### REQUIRED ACTION
The answer must be one number: how many lines in the records below contain the word "GapReader".

=== Section Start ===

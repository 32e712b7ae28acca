//! Files that another writer may have made.
use icb_avro::{Value, encode};
use icb_container::{Block, write_container};
use icb_schema::{AvroSchema, Octets, Text};
use sqlite_items::Items;
use std::process::Abort;
use std::test::*;

/// What is done to a field.
#[derive(Clone, Copy, Debug, PartialEq, Eq)]
pub(crate) enum Change {
    /// It is left out.
    LeftOut,
    /// It is a truth value.
    OfAnotherType,
    /// Other fields stand around it: before it a record that has a field of its id, and one without an id
    /// that has a name of the table; behind it a second one of its id.
    AmongOthers,
}

/// A text.
pub(crate) fn text(rt: &(impl Abort + AllocGlobal), text: &str) -> Text {
    Text::from_str(rt.alloc(), text).expect(rt, "room")
}

/// Bytes.
pub(crate) fn bytes(rt: &(impl Abort + AllocGlobal), bytes: &[u8]) -> Octets {
    Octets::from_slice(rt.alloc(), bytes).expect(rt, "room")
}

/// Adds a field of this id, type and value, to which this is done, if anything.
pub(crate) fn add(
    rt: &(impl Abort + AllocGlobal),
    change: Option<Change>,
    id: i32,
    kind: &str,
    value: Value,
    fields: &mut Vec<String>,
    values: &mut Items<Value>,
) {
    match change {
        Some(Change::LeftOut) => {}
        Some(Change::OfAnotherType) => {
            fields.push(field(rt, id, "\"boolean\"")).expect(rt, "room");
            values.push(Value::Boolean(true)).expect(rt, "room");
        }
        Some(Change::AmongOthers) => {
            put_nested(rt, id, fields, values);
            put_truth(rt, "{\"name\":\"sequence_number\"", fields, values);
            fields.push(field(rt, id, kind)).expect(rt, "room");
            values.push(value).expect(rt, "room");
            let second = format!(in rt.alloc(); "{{\"name\":\"z\",\"field-id\":{id}");
            put_truth(rt, second.expect(rt, "room").as_str(), fields, values);
        }
        None => {
            fields.push(field(rt, id, kind)).expect(rt, "room");
            values.push(value).expect(rt, "room");
        }
    }
}

/// A field that is a truth value, whose JSON begins so.
fn put_truth(
    rt: &(impl Abort + AllocGlobal),
    head: &str,
    fields: &mut Vec<String>,
    values: &mut Items<Value>,
) {
    let field = format!(in rt.alloc(); "{head},\"type\":\"boolean\"}}");
    fields.push(field.expect(rt, "room")).expect(rt, "room");
    values.push(Value::Boolean(true)).expect(rt, "room");
}

/// A field of another id, a record whose own field has this one.
fn put_nested(
    rt: &(impl Abort + AllocGlobal),
    id: i32,
    fields: &mut Vec<String>,
    values: &mut Items<Value>,
) {
    let inner = record_text(rt, "inner", &[field(rt, id, "\"boolean\"")]);
    fields
        .push(field(rt, 9999, inner.as_str()))
        .expect(rt, "room");
    let mut nested = Items::new(rt.alloc());
    nested.push(Value::Boolean(true)).expect(rt, "room");
    values.push(Value::Record(nested)).expect(rt, "room");
}

/// The JSON of a field with this id and this type.
pub(crate) fn field(rt: &(impl Abort + AllocGlobal), id: i32, kind: &str) -> String {
    let alloc = rt.alloc();
    let name = format!(in alloc; "f{id}").expect(rt, "room");
    let id = format!(in alloc; "{id}").expect(rt, "room");
    let mut text = String::new(alloc);
    for part in [
        "{\"name\":\"",
        name.as_str(),
        "\",\"field-id\":",
        id.as_str(),
        ",\"type\":",
        kind,
        "}",
    ] {
        text.push_str(part).expect(rt, "room");
    }
    text
}

/// The JSON of a record of these fields.
pub(crate) fn record_text(
    rt: &(impl Abort + AllocGlobal),
    name: &str,
    fields: &[String],
) -> String {
    let mut text = String::new(rt.alloc());
    for part in ["{\"type\":\"record\",\"name\":\"", name, "\",\"fields\":["] {
        text.push_str(part).expect(rt, "room");
    }
    let mut comma = "";
    for field in fields {
        text.push_str(comma).expect(rt, "room");
        text.push_str(field.as_str()).expect(rt, "room");
        comma = ",";
    }
    text.push_str("]}").expect(rt, "room");
    text
}

/// A block of records.
pub(crate) fn block_of(
    rt: &(impl Abort + AllocGlobal),
    schema: &AvroSchema,
    records: &[Value],
) -> Block {
    let mut bytes = Octets::new(rt.alloc());
    for record in records {
        encode(schema.root(), record, &mut bytes).expect(rt, "room");
    }
    Block {
        first: 0,
        count: records.len() as u64,
        place: 0,
        bytes,
    }
}

/// A file of these blocks.
pub(crate) fn file_of(
    rt: &(impl Abort + AllocGlobal),
    schema: &AvroSchema,
    blocks: &[Block],
) -> Octets {
    write_container(rt.alloc(), schema, &[], &[7; 16], blocks).expect(rt, "room")
}

/// A file of one record, and the record's place.
pub(crate) fn file_of_one(
    rt: &(impl Abort + AllocGlobal),
    fields: &[String],
    values: Items<Value>,
) -> (Octets, u64) {
    let alloc = rt.alloc();
    let text = record_text(rt, "any", fields);
    let schema = AvroSchema::read(alloc, text.as_bytes()).expect(rt, "a schema");
    let block = block_of(rt, &schema, &[Value::Record(values)]);
    let behind = 16 + block.bytes.as_slice().len() as u64;
    let file = file_of(rt, &schema, &[block]);
    let place = (file.as_slice().len() as u64).saturating_sub(behind);
    (file, place)
}
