//! Tests of manifests, manifest lists and their readers, one file a subject. It has no code of the
//! product.
#![tactic(auto)]

#[cfg(test)]
mod gaps;
#[cfg(test)]
mod lists;
#[cfg(test)]
mod made;
#[cfg(test)]
mod manifests;
#[cfg(test)]
mod other_list;
#[cfg(test)]
mod other_manifest;
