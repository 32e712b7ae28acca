//! Entries of manifests that other writers may have made, and what is written of entries.
use crate::made::{Change, add, block_of, bytes, field, file_of, file_of_one, record_text, text};
use icb_avro::Value;
use icb_base::SliceReader;
use icb_manifest::{DataFile, Entry, Manifest, ManifestFault, write_manifest};
use icb_schema::{AvroSchema, Octets};
use icb_types::{ColType, Column, TableSchema};
use sqlite_items::{Boxed, Items};
use std::process::Abort;
use std::test::*;

/// The fields of an entry before its file, of a writer that lets none be null.
const NUMBERS: [(i32, &str); 4] = [
    (0, "\"int\""),
    (1, "\"long\""),
    (3, "[\"long\",\"null\"]"),
    (4, "\"long\""),
];

/// The fields of a file that are no maps.
const PLAIN: [(i32, &str); 7] = [
    (134, "\"int\""),
    (100, "\"string\""),
    (101, "\"string\""),
    (103, "\"long\""),
    (104, "\"long\""),
    (131, "\"bytes\""),
    (142, "\"long\""),
];

/// The maps of a file: their ids, those of their keys and their values, and whether they map to bytes.
const MAPS: [(i32, i32, i32, bool); 4] = [
    (109, 119, 120, false),
    (110, 121, 122, false),
    (125, 126, 127, true),
    (128, 129, 130, true),
];

/// All of them, and the file's own.
const IDS: [i32; 16] = [
    0, 1, 3, 4, 2, 134, 100, 101, 103, 104, 109, 110, 125, 128, 131, 142,
];

/// The value of the field of an id that is no map. The numbers tell the fields apart.
fn value(rt: &(impl Abort + AllocGlobal), id: i32, status: i32) -> Value {
    match id {
        0 => Value::Int(status),
        3 => Value::Union(0, Boxed::new(rt.alloc(), Value::Long(3)).expect(rt, "room")),
        100 => Value::Text(text(rt, "a path")),
        101 => Value::Text(text(rt, "orc")),
        131 => Value::Bytes(bytes(rt, &[1, 31])),
        134 => Value::Int(134),
        _ => Value::Long(i64::from(id)),
    }
}

/// The type of a map of another writer: values before keys, under other names, without the attribute.
fn map_type(rt: &(impl Abort + AllocGlobal), key: i32, value: i32, to_bytes: bool) -> String {
    let name = format!(in rt.alloc(); "m{key}").expect(rt, "room");
    let kind = if to_bytes { "\"bytes\"" } else { "\"long\"" };
    let fields = [field(rt, value, kind), field(rt, key, "[\"null\",\"int\"]")];
    let mut text = String::from_str(rt.alloc(), "{\"type\":\"array\",\"items\":").expect(
        rt, "room",
    );
    let items = record_text(rt, name.as_str(), &fields);
    text.push_str(items.as_str()).expect(rt, "room");
    text.push_str("}").expect(rt, "room");
    text
}

/// A map of two equal keys.
fn map_value(rt: &(impl Abort + AllocGlobal), id: i32, to_bytes: bool) -> Value {
    let alloc = rt.alloc();
    let mut items = Items::new(alloc);
    for first in [1, 2] {
        let mut pair = Items::new(alloc);
        let value = if to_bytes {
            Value::Bytes(bytes(rt, &[first]))
        } else {
            Value::Long(i64::from(id) + i64::from(first))
        };
        pair.push(value).expect(rt, "room");
        let key = Boxed::new(alloc, Value::Int(8)).expect(rt, "room");
        pair.push(Value::Union(1, key)).expect(rt, "room");
        items.push(Value::Record(pair)).expect(rt, "room");
    }
    Value::Array(items)
}

/// A field that is changed, and how.
type Changed = (i32, Change);

/// What is done to the field of an id.
fn change_of(changed: Changed, id: i32) -> Option<Change> {
    if id == changed.0 {
        Some(changed.1)
    } else {
        None
    }
}

/// The type and the value of a file.
fn file_parts(rt: &(impl Abort + AllocGlobal), changed: Changed) -> (String, Value) {
    let alloc = rt.alloc();
    let mut fields = Vec::new(alloc);
    let mut values = Items::new(alloc);
    for (id, key, value, to_bytes) in MAPS {
        let kind = map_type(rt, key, value, to_bytes);
        let map = map_value(rt, id, to_bytes);
        add(
            rt,
            change_of(changed, id),
            id,
            kind.as_str(),
            map,
            &mut fields,
            &mut values,
        );
    }
    for (id, kind) in PLAIN {
        add(
            rt,
            change_of(changed, id),
            id,
            kind,
            value(rt, id, 0),
            &mut fields,
            &mut values,
        );
    }
    let kind = record_text(rt, "file", fields.as_slice());
    (kind, Value::Record(values))
}

/// The fields and the values of an entry of this status, in which the field of an id is changed.
fn entry_parts(
    rt: &(impl Abort + AllocGlobal),
    status: i32,
    changed: Changed,
) -> (Vec<String>, Items<Value>) {
    let alloc = rt.alloc();
    let mut fields = Vec::new(alloc);
    let mut values = Items::new(alloc);
    let (kind, file) = file_parts(rt, changed);
    add(
        rt,
        change_of(changed, 2),
        2,
        kind.as_str(),
        file,
        &mut fields,
        &mut values,
    );
    for (id, kind) in NUMBERS {
        add(
            rt,
            change_of(changed, id),
            id,
            kind,
            value(rt, id, status),
            &mut fields,
            &mut values,
        );
    }
    (fields, values)
}

/// A manifest of one such entry, and the entry's place.
fn manifest(rt: &(impl Abort + AllocGlobal), status: i32, changed: Changed) -> (Octets, u64) {
    let (fields, values) = entry_parts(rt, status, changed);
    file_of_one(rt, fields.as_slice(), values)
}

/// The first entry of a file, or the place and the id of the field that is refused.
fn first_entry(rt: &(impl Abort + AllocGlobal), file: &Octets) -> Result<Entry, (u64, i32)> {
    let alloc = rt.alloc();
    let mut reader = SliceReader::new(file.as_slice());
    let mut manifest = Manifest::open(alloc, &mut reader).expect(rt, "a manifest");
    match manifest.next(alloc, &mut reader) {
        Ok(Some(entry)) => Ok(entry),
        Err(ManifestFault::Field { place, id }) => Err((place, id)),
        _ => Err((0, -1)),
    }
}

#[test]
fn the_first_field_that_is_not_in_its_form_is_named(rt: HostRuntime) {
    let needed = [0, 2, 134, 100, 101, 103, 104];
    for id in IDS {
        let (file, place) = manifest(&rt, 0, (id, Change::OfAnotherType));
        assert!(rt; first_entry(&rt, &file).err() == Some((place, id)));
        let (file, place) = manifest(&rt, 0, (id, Change::LeftOut));
        let refused = first_entry(&rt, &file).err();
        if needed.contains(&id) {
            assert!(rt; refused == Some((place, id)));
        } else {
            assert!(rt; refused.is_none());
        }
    }
}

/// The type and the value of a file in which the map of an id is one of Avro, whose keys are texts.
fn file_with_avro_map(rt: &(impl Abort + AllocGlobal), id: i32) -> (String, Value) {
    let alloc = rt.alloc();
    let (_, file) = file_parts(rt, (id, Change::LeftOut));
    let mut entries = Items::new(alloc);
    let mut fields = Vec::new(alloc);
    for (other, key, value, to_bytes) in MAPS {
        if other != id {
            let kind = map_type(rt, key, value, to_bytes);
            fields
                .push(field(rt, other, kind.as_str()))
                .expect(rt, "room");
        } else if to_bytes {
            entries
                .push((text(rt, "1"), Value::Bytes(bytes(rt, &[1]))))
                .expect(rt, "room");
        } else {
            entries
                .push((text(rt, "1"), Value::Long(1)))
                .expect(rt, "room");
        }
    }
    for (other, kind) in PLAIN {
        fields.push(field(rt, other, kind)).expect(rt, "room");
    }
    let to_bytes = id == 125 || id == 128;
    let kind = if to_bytes { "bytes" } else { "long" };
    let kind = format!(in alloc; "{{\"type\":\"map\",\"values\":\"{kind}\"}}").expect(rt, "room");
    fields.push(field(rt, id, kind.as_str())).expect(rt, "room");
    let mut values = match file {
        Value::Record(values) => values,
        _ => Items::new(alloc),
    };
    values.push(Value::Map(entries)).expect(rt, "room");
    let kind = record_text(rt, "file", fields.as_slice());
    (kind, Value::Record(values))
}

#[test]
fn a_map_of_avro_is_no_map_of_columns(rt: HostRuntime) {
    let alloc = rt.alloc();
    for (id, _, _, _) in MAPS {
        let (kind, file) = file_with_avro_map(&rt, id);
        let mut fields = Vec::new(alloc);
        let mut values = Items::new(alloc);
        fields
            .push(field(&rt, 2, kind.as_str()))
            .expect(&rt, "room");
        values.push(file).expect(&rt, "room");
        for (number, kind) in NUMBERS {
            fields.push(field(&rt, number, kind)).expect(&rt, "room");
            values.push(value(&rt, number, 0)).expect(&rt, "room");
        }
        let (file, place) = file_of_one(&rt, fields.as_slice(), values);
        assert!(rt; first_entry(&rt, &file).err() == Some((place, id)));
    }
}

#[test]
fn a_status_is_0_1_or_2(rt: HostRuntime) {
    for (status, known) in [(0, true), (1, true), (2, true), (3, false), (-1, false)] {
        let (file, place) = manifest(&rt, status, (-1, Change::LeftOut));
        match first_entry(&rt, &file) {
            Ok(entry) => assert!(rt; known && entry.status == status),
            Err(refused) => assert!(rt; !known && refused == (place, 0)),
        }
    }
}

/// All that an entry of another writer says is as its numbers tell.
fn assert_given(rt: &impl Abort, entry: Entry) {
    assert!(rt; entry.status == 1 && entry.snapshot == Some(1) && entry.sequence == Some(3));
    assert!(rt; entry.file_sequence == Some(4));
    let file = entry.file;
    assert!(rt; file.content == 134 && file.path.as_str() == "a path");
    assert!(rt; file.format.as_str() == "orc" && file.records == 103 && file.size == 104);
    assert!(rt; file.values.as_slice() == [(8, 110), (8, 111)].as_slice());
    assert!(rt; file.nulls.as_slice() == [(8, 111), (8, 112)].as_slice());
    assert!(rt; file.lower.len() == 2 && file.upper.len() == 2);
    assert!(rt;
        file.key
            .is_some_and(|key| key.as_slice() == [1, 31].as_slice())
    );
    assert!(rt; file.first_row == Some(142));
}

#[test]
fn an_entry_of_another_writer(rt: HostRuntime) {
    let (file, _) = manifest(&rt, 1, (-1, Change::LeftOut));
    let entry = first_entry(&rt, &file).expect(&rt, "an entry");
    assert_given(&rt, entry);
}

#[test]
fn fields_that_are_not_known_stand_around_one(rt: HostRuntime) {
    for id in IDS {
        let (file, _) = manifest(&rt, 1, (id, Change::AmongOthers));
        let entry = first_entry(&rt, &file).expect(&rt, "an entry");
        assert_given(&rt, entry);
    }
}

#[test]
fn several_blocks_and_a_refused_entry(rt: HostRuntime) {
    let alloc = rt.alloc();
    let (fields, _) = entry_parts(&rt, 0, (-1, Change::LeftOut));
    let text = record_text(&rt, "any", fields.as_slice());
    let schema = AvroSchema::read(alloc, text.as_bytes()).expect(&rt, "a schema");
    let entry = |status| Value::Record(entry_parts(&rt, status, (-1, Change::LeftOut)).1);
    let none = block_of(&rt, &schema, &[]);
    let two = block_of(&rt, &schema, &[entry(0), entry(1)]);
    let more = block_of(&rt, &schema, &[]);
    let last = block_of(&rt, &schema, &[entry(2), entry(3), entry(0)]);
    let file = file_of(&rt, &schema, &[none, two, more, last]);
    let mut reader = SliceReader::new(file.as_slice());
    let mut manifest = Manifest::open(alloc, &mut reader).expect(&rt, "a manifest");
    assert!(rt; manifest.place() == 0);
    let mut places = [0; 3];
    for (place, status) in places.iter_mut().zip([0, 1, 2]) {
        let entry = manifest.next(alloc, &mut reader).expect(&rt, "an entry");
        assert!(rt; entry.is_some_and(|entry| entry.status == status));
        *place = manifest.place();
    }
    let [first, second, third] = places;
    assert!(rt; 0 < first && first < second && second < third);
    for _ in 0..2 {
        let refused = manifest.next(alloc, &mut reader).err();
        let at = third.saturating_add(second.saturating_sub(first));
        assert!(rt; matches!(refused, Some(ManifestFault::Field { place, id: 0 }) if place == at));
        assert!(rt; manifest.place() == third);
    }
}

#[test]
fn what_is_written_is_read(rt: HostRuntime) {
    let alloc = rt.alloc();
    let mut columns = Items::new(alloc);
    columns
        .push(Column {
            id: 1,
            name: text(&rt, "n"),
            kind: ColType::Fixed(16),
            required: true,
        })
        .expect(&rt, "room");
    let schema = TableSchema { id: 4, columns };
    let mut entries = Vec::new(alloc);
    for status in [0, 1, 2] {
        let mut lower = Items::new(alloc);
        lower.push((1, bytes(&rt, &[7; 16]))).expect(&rt, "room");
        let mut values = Items::new(alloc);
        values.push((1, 5)).expect(&rt, "room");
        let file = DataFile {
            content: status,
            path: text(&rt, "p"),
            format: text(&rt, "avro"),
            records: 5,
            size: 1 << 40,
            values,
            nulls: Items::new(alloc),
            lower,
            upper: Items::new(alloc),
            key: None,
            first_row: Some(9),
        };
        entries
            .push(Entry {
                status,
                snapshot: None,
                sequence: Some(-1),
                file_sequence: None,
                file,
            })
            .expect(&rt, "room");
    }
    let written = write_manifest(alloc, &schema, 2, entries.as_slice(), &[3; 16]);
    let written = written.expect(&rt, "room");
    let mut reader = SliceReader::new(written.as_slice());
    let mut manifest = Manifest::open(alloc, &mut reader).expect(&rt, "a manifest");
    for status in [0, 1, 2] {
        let read = manifest.next(alloc, &mut reader).expect(&rt, "an entry");
        let read = read.expect(&rt, "not the end");
        assert!(rt; read.status == status && read.snapshot.is_none());
        assert!(rt; read.sequence == Some(-1) && read.file_sequence.is_none());
        let file = read.file;
        assert!(rt; file.content == status && file.path.as_str() == "p");
        assert!(rt; file.records == 5 && file.size == 1 << 40 && file.first_row == Some(9));
        assert!(rt; file.values.as_slice() == [(1, 5)].as_slice() && file.nulls.is_empty());
        assert!(rt; file.lower.len() == 1 && file.upper.is_empty() && file.key.is_none());
    }
    let end = manifest.next(alloc, &mut reader).expect(&rt, "the end");
    assert!(rt; end.is_none());
}
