//! A manifest list over a reader with gaps: a row is given where each byte of its block is there, and else the
//! reader's fault, behind which the list stands where it stood.
use crate::lists::{any_row, any_schema};
use crate::made::{block_of, file_of};
use icb_base::ReadAt;
use icb_container::ContainerFault;
use icb_list::{List, ListFault};
use std::process::Abort;
use std::test::*;

/// The bytes that are asked for aren't all there.
#[derive(Clone, Copy, Debug, PartialEq, Eq)]
struct Gap;

/// A file of which the bytes from one place to another aren't there.
#[derive(Debug, Drop)]
struct GapReader<'a> {
    bytes: &'a [u8],
    from: usize,
    to: usize,
}

impl ReadAt for GapReader<'_> {
    ghost use Rattle.std.specs.Prelude.{◌≡◌, ◌≤◌, ◌+◌, ◌⊎◌, List, ℕ, length, take, drop, refl};
    ghost use Rattle.std.proofs.Common.{◌∙◌};
    ghost use Rattle.icb_base.specs.Contents.{HasPart};

    type Fault = Gap;

    ghost content = { λ s known. (length known ≡ length s.bytes.now)
        × ((at : ℕ) (part : List ℕ) → at + length part ≤ length s.bytes.now
        → (at + length part ≤ s.from) ⊎ (s.to ≤ at)
        → part ≡ take (length part) (drop at s.bytes.now) → HasPart known at part) };

    ghost size = { λ s. length s.bytes.now };

    ghost keeps = { λ x y. (y.bytes.now ≡ x.bytes.now) × (y.from ≡ x.from) × (y.to ≡ x.to) };

    ghost calm = { λ x y. Unit {0} };

    ghost blames = { λ x y e. Unit {0} };

    ghost known_size = { λ x known is. is.0 };

    ghost kept_at_rest = { λ x. (refl, refl, refl) };

    ghost kept_twice = { λ x y z first second.
        (second.0 ∙ first.0, second.1 ∙ first.1, second.2 ∙ first.2) };

    ghost calm_at_rest = { λ x. tt };

    ghost calm_twice = { λ x y z first second. tt };

    ghost blamed_since = { λ x y z e kept calm blamed. tt };

    fn length(&self) -> u64 {
        self.bytes.len() as u64
    }

    fn read_at(&mut self, at: u64, out: &mut [u8]) -> Result<(), Gap> {
        let at = at as usize;
        if at < self.to && self.from < at + out.len() {
            return Err(Gap);
        }
        out.copy_from_slice(&self.bytes[at..at + out.len()]);
        Ok(())
    }
}

/// The fault is that of the reader.
fn is_gap(fault: &ListFault<Gap>) -> bool {
    matches!(fault, ListFault::Container(ContainerFault::Reader(Gap)))
}

/// A list of two rows in two blocks, the length of its header, and that of a block.
fn two_blocks(rt: &(impl Abort + AllocGlobal)) -> (Vec<u8>, usize, usize) {
    let schema = any_schema(rt);
    let first = block_of(rt, &schema, &[any_row(rt, 0)]);
    let second = block_of(rt, &schema, &[any_row(rt, 1)]);
    let header = file_of(rt, &schema, &[]).as_slice().len();
    let file = file_of(rt, &schema, &[first, second]);
    let block = file.as_slice().len().saturating_sub(header) / 2;
    let mut bytes = Vec::new(rt.alloc());
    bytes.extend_from_slice(file.as_slice()).expect(rt, "room");
    (bytes, header, block)
}

#[test]
fn gaps_in_the_header_and_the_first_block(rt: HostRuntime) {
    let (file, header, block) = two_blocks(&rt);
    let behind = header.saturating_add(block);
    for (at, opens) in [
        (0, false),
        (header.saturating_sub(1), false),
        (header, true),
        (header.saturating_add(block / 2), true),
        (behind.saturating_sub(1), true),
    ] {
        let mut reader = GapReader {
            bytes: file.as_slice(),
            from: at,
            to: at.saturating_add(1),
        };
        match List::open(rt.alloc(), &mut reader) {
            Err(fault) => assert!(rt; !opens && is_gap(&fault)),
            Ok(mut list) => {
                assert!(rt; opens);
                for _ in 0..2 {
                    let fault = list.next(rt.alloc(), &mut reader).err();
                    assert!(rt; fault.is_some_and(|fault| is_gap(&fault)) && list.place() == 0);
                }
            }
        }
    }
}

#[test]
fn a_gap_in_the_second_block_that_is_filled(rt: HostRuntime) {
    let (file, header, block) = two_blocks(&rt);
    for within in [0, block / 2, block.saturating_sub(1)] {
        let at = header.saturating_add(block).saturating_add(within);
        let mut reader = GapReader {
            bytes: file.as_slice(),
            from: at,
            to: at.saturating_add(1),
        };
        let mut list = List::open(rt.alloc(), &mut reader).expect(&rt, "a list");
        let row = list.next(rt.alloc(), &mut reader).expect(&rt, "a row");
        assert!(rt; row.is_some_and(|row| row.content == 0));
        let first = list.place();
        for _ in 0..2 {
            let fault = list.next(rt.alloc(), &mut reader).err();
            assert!(rt; fault.is_some_and(|fault| is_gap(&fault)) && list.place() == first);
        }
        reader.to = 0;
        let row = list.next(rt.alloc(), &mut reader).expect(&rt, "a row");
        assert!(rt; row.is_some_and(|row| row.content == 1) && first < list.place());
        let end = list.next(rt.alloc(), &mut reader).expect(&rt, "the end");
        assert!(rt; end.is_none());
    }
}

=== Section End ===

### SOLVED EXERCISE
4